高校3年生の主人公「時坂彼方」は、雑誌で見つけた「神隠し」の記事に惹かれ、山奥の海辺の村「空蝉村」を一人で訪れる——。
そのようにして始まる物語は、やがて出会った老婆や女将に助けられながら、彼方が旅館に長期滞在することになるところから本格的に動き出します。
その村の丁寧な描写からは、どこか懐かしい空気がじんわりと伝わってきました。
そんな中、女将から不穏な「神の気配」が垣間見え、物語に不気味な空気が漂い始めます。
雨の描写、音、そして匂いの表現が物語を鮮やかに彩り、日常と非日常の境界線へ越えていく感覚を受けました。

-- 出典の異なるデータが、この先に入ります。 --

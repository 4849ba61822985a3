//! Tests of the values of service parameters: octets, texts, scans and copies, by their public names.
#![tactic(auto)]

#[cfg(test)]
mod all_values;
#[cfg(test)]
mod lists;
#[cfg(test)]
mod long_values;
#[cfg(test)]
mod printed;
#[cfg(test)]
mod scans;
#[cfg(test)]
mod texts;
#[cfg(test)]
mod value_copies;
#[cfg(test)]
mod value_scans;
#[cfg(test)]
mod values;
#[cfg(test)]
mod weight;
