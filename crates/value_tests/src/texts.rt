//! The texts of values (RFC 9460, section 7 and appendix D.2; RFC 9461, section 5).

use crate::printed::is_printed;
use registry::SvcParamKey;
use std::alloc::Global;
use std::fmt::Display;
use svcb_list::{AlpnBuilder, Ipv4Hint, Ipv6Hint, Mandatory, TlsSupportedGroups};
use svcb_text::scan_param;
use svcb_value::{DohPath, Ech, NoDefaultAlpn, Ohttp, Port};
use wire_base::{Ipv4Addr, Ipv6Addr, Octets};

/// Whether a value was made, and is printed so.
fn is_made<T: Display + Drop, E: Drop>(alloc: Global, value: Result<T, E>, text: &str) -> bool {
    match value {
        Ok(value) => is_printed(alloc, &value, text) == Ok(true),
        Err(_) => false,
    }
}

#[test]
fn lists_are_printed(rt: HostRuntime) {
    let alloc = rt.alloc();
    let keys = [
        SvcParamKey::ALPN,
        SvcParamKey::IPV4HINT,
        SvcParamKey::from(65280),
    ];
    let text = "mandatory=alpn,ipv4hint,key65280";
    assert!(rt; is_made(alloc, Mandatory::from_keys(alloc, &keys), text));
    let groups = TlsSupportedGroups::from_keys(alloc, &[29, 23]);
    assert!(rt; is_made(alloc, groups, "tls-supported-groups=29,23"));
    let mut protocols = AlpnBuilder::empty(alloc);
    assert!(rt; protocols.push(b"h2").is_ok() && protocols.push(b"h3-19").is_ok());
    assert!(rt; is_printed(alloc, &protocols.freeze(), "alpn=h2,h3-19") == Ok(true));
    assert!(rt; is_printed(alloc, &AlpnBuilder::empty(alloc).freeze(), "") == Ok(true));
}

#[test]
fn addresses_are_printed(rt: HostRuntime) {
    let alloc = rt.alloc();
    let hosts = [Ipv4Addr::new([192, 0, 2, 1]), Ipv4Addr::new([192, 0, 2, 2])];
    let hint = Ipv4Hint::from_addrs(alloc, &hosts);
    assert!(rt; is_made(alloc, hint, "ipv4hint=192.0.2.1,192.0.2.2"));
    let host = Ipv6Addr::new([0x20, 1, 0x0d, 0xb8, 0, 0, 0, 0, 0, 0, 0, 0, 0, 0, 0, 1]);
    let hint = Ipv6Hint::from_addrs(alloc, &[host]);
    assert!(rt; is_made(alloc, hint, "ipv6hint=2001:db8::1"));
}

#[test]
fn other_values_are_printed(rt: HostRuntime) {
    let alloc = rt.alloc();
    assert!(rt;
        is_made(
            alloc,
            DohPath::from_text(alloc, "/q{?dns}"),
            "dohpath=/q{?dns}"
        )
    );
    assert!(rt; is_made(alloc, DohPath::from_text(alloc, ""), "dohpath"));
    let no_octets = Octets::from_vec(Vec::new(alloc));
    assert!(rt; is_made(alloc, Ech::from_octets(no_octets), "ech"));
    assert!(rt; is_printed(alloc, &Port::new(53), "port=53") == Ok(true));
    assert!(rt; is_printed(alloc, &NoDefaultAlpn, "no-default-alpn") == Ok(true));
    assert!(rt; is_printed(alloc, &Ohttp, "ohttp") == Ok(true));
}

/// Tokens, and the text of the values that they spell.
const PRINTED: [(&[u8], &str); 8] = [
    (b"alpn=f\\\\oo\\,bar,h2", "alpn=f\\\\\\\\oo\\\\,bar,h2"),
    (b"alpn= \xe9", "alpn=\\ \\233"),
    (b"ech=a2V5", "ech=a2V5"),
    (b"key5", "key5"),
    (b"key3=\x005\x00", "key3=\\0005\\000"),
    (b"pvd=a", "pvd=a"),
    (b"port=0053", "port=53"),
    (b"key667=hello\xd2qoo", "key667=hello\\210qoo"),
];

/// Whether the value that a token spells is printed so.
fn is_spelled(alloc: Global, token: &[u8], text: &str) -> bool {
    match scan_param(alloc, token) {
        Ok(value) => is_printed(alloc, &value, text) == Ok(true),
        Err(_) => false,
    }
}

#[test]
fn values_of_tokens_are_printed(rt: HostRuntime) {
    for (token, text) in &PRINTED {
        assert!(rt; is_spelled(rt.alloc(), token, text));
    }
}
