//! A value of each type, and of a type of another crate, read and composed through the bounds.

use crate::value_copies::is_composed;
use crate::weight::Weight;
use registry::{ComposeSvcParamValue, ParseSvcParamValue, SvcParamKey};
use std::alloc::Global;
use svcb_text::{AllValues, AllValuesRef};
use wire_base::{NoMemory, ParseError, Parser};

/// The value that octets begin with.
fn read<'a, V: ParseSvcParamValue<'a>>(
    key: u16,
    octets: &'a [u8],
) -> Result<Option<V>, ParseError> {
    V::parse_value(SvcParamKey::from(key), &mut Parser::from_ref(octets))
}

/// Whether a value has a key, and is composed to octets.
fn is_composed_under<V: ComposeSvcParamValue>(
    alloc: Global,
    value: &V,
    key: u16,
    octets: &[u8],
) -> Result<bool, NoMemory> {
    let len = usize::from(value.compose_len());
    let is_counted = u16::from(value.key()) == key && len == octets.len();
    Ok(is_counted && is_composed(alloc, value, octets)?)
}

/// Octets of a value of each type, and of a key without one.
const SAMPLES: [(u16, &[u8]); 11] = [
    (0, b"\x00\x01"),
    (1, b"\x02h2"),
    (2, b""),
    (3, b"\x00\x35"),
    (4, b"\xc0\x00\x02\x01"),
    (5, b"\xfe\x0d"),
    (
        6,
        b"\x20\x01\x0d\xb8\x00\x00\x00\x00\x00\x00\x00\x00\x00\x00\x00\x01",
    ),
    (7, b"/q{?dns}"),
    (8, b""),
    (9, b"\x00\x1d"),
    (667, b"hello"),
];

/// Whether octets are read as a value whose copy is composed to them again.
fn is_kept(alloc: Global, key: u16, octets: &[u8]) -> Result<bool, NoMemory> {
    let Ok(Some(view)) = read::<AllValuesRef<'_>>(key, octets) else {
        return Ok(false);
    };
    let value = copied(alloc, &view)?;
    Ok(value.for_ref() == view && is_composed_under(alloc, &value, key, octets)?)
}

/// A copy of a value.
fn copied(alloc: Global, view: &AllValuesRef<'_>) -> Result<AllValues, NoMemory> {
    view.to_owned_data(alloc)?.try_clone(alloc)
}

#[test]
fn a_value_of_each_type_is_kept(rt: HostRuntime) {
    for (key, octets) in &SAMPLES {
        assert_eq!(rt; is_kept(rt.alloc(), *key, octets), Ok(true), "{key}");
    }
}

/// Octets that are no value of the key's type, and the fault.
const FAULTS: [(u16, &[u8], ParseError); 8] = [
    (0, b"\x00\x01\x00", ParseError::Form),
    (1, b"\x02h2\x03h3", ParseError::ShortInput),
    (3, b"", ParseError::ShortInput),
    (3, b"\x00", ParseError::ShortInput),
    (4, b"\xc0\x00\x02\x01\xc0", ParseError::Form),
    (6, b"\xc0\x00\x02\x01", ParseError::Form),
    (9, b"\x00", ParseError::Form),
    (9, b"", ParseError::Form),
];

/// The fault of octets, if they have one.
fn fault_of(key: u16, octets: &[u8]) -> Option<ParseError> {
    match read::<AllValuesRef<'_>>(key, octets) {
        Ok(_) => None,
        Err(error) => Some(error),
    }
}

#[test]
fn octets_are_refused(rt: HostRuntime) {
    for (key, octets, fault) in &FAULTS {
        assert_eq!(rt;
            fault_of(*key, octets),
            Some(*fault),
            "{octets:?} under {key}"
        );
    }
}

#[test]
fn octets_behind_a_value_make_it_unknown(rt: HostRuntime) {
    let port = AllValuesRef::parse_any(SvcParamKey::PORT, b"\x00\x35");
    assert!(rt; matches!(port, AllValuesRef::Port(_)));
    let octets = AllValuesRef::parse_any(SvcParamKey::PORT, b"\x00\x35\x00");
    assert!(rt; matches!(octets, AllValuesRef::Unknown(_)));
}

#[test]
fn a_type_of_another_crate_is_a_value(rt: HostRuntime) {
    assert!(rt; read::<Weight>(65280, b"\x01\x07\x08") == Ok(Some(Weight(263))));
    assert!(rt; read::<Weight>(65280, b"\x01") == Err(ParseError::ShortInput));
    assert!(rt; read::<Weight>(3, b"\x01\x07") == Ok(None));
    assert!(rt; is_composed_under(rt.alloc(), &Weight(263), 65280, b"\x01\x07") == Ok(true));
}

実際に物語も、巫女である「天津傘 雫」の登場により、新たな局面へと進んでいきます。
彼女が語る「慈雨神様」の存在など、あらゆる箇所に神聖な空気が漂っており、作中の沈黙や光の描写が不思議と心地よく胸に響きます。
神社という非日常が背景にありながらも、駄菓子屋やスナックといった日常的なスポットも登場し、その「日常と非日常の往来」が、村の神聖さをよりいっそう浮かび上がらせている——。
そんな深い印象を受けながら読み進めました。
特に印象的だったのは、村で暮らす3人の少年たちと出会う場面です。
昭和の香りが色濃く漂う中、地方と都会の対比や、古き良きノスタルジー、そして彼らの人間関係の展開の早さに驚く様子には、おかしみを感じました。
小さな麺菓子『ウシ麺』や、「本家から怒らせそう」と表現されたお菓子など、コミカルな小道具のセンスも光っています。
まだ物語は途中ですが、「神隠し」の真相がどこへ着地するのか、これからの展開がとても気になります。
ぜひ不思議でどこか懐かしい、美しくも妖しい世界をお楽しみください。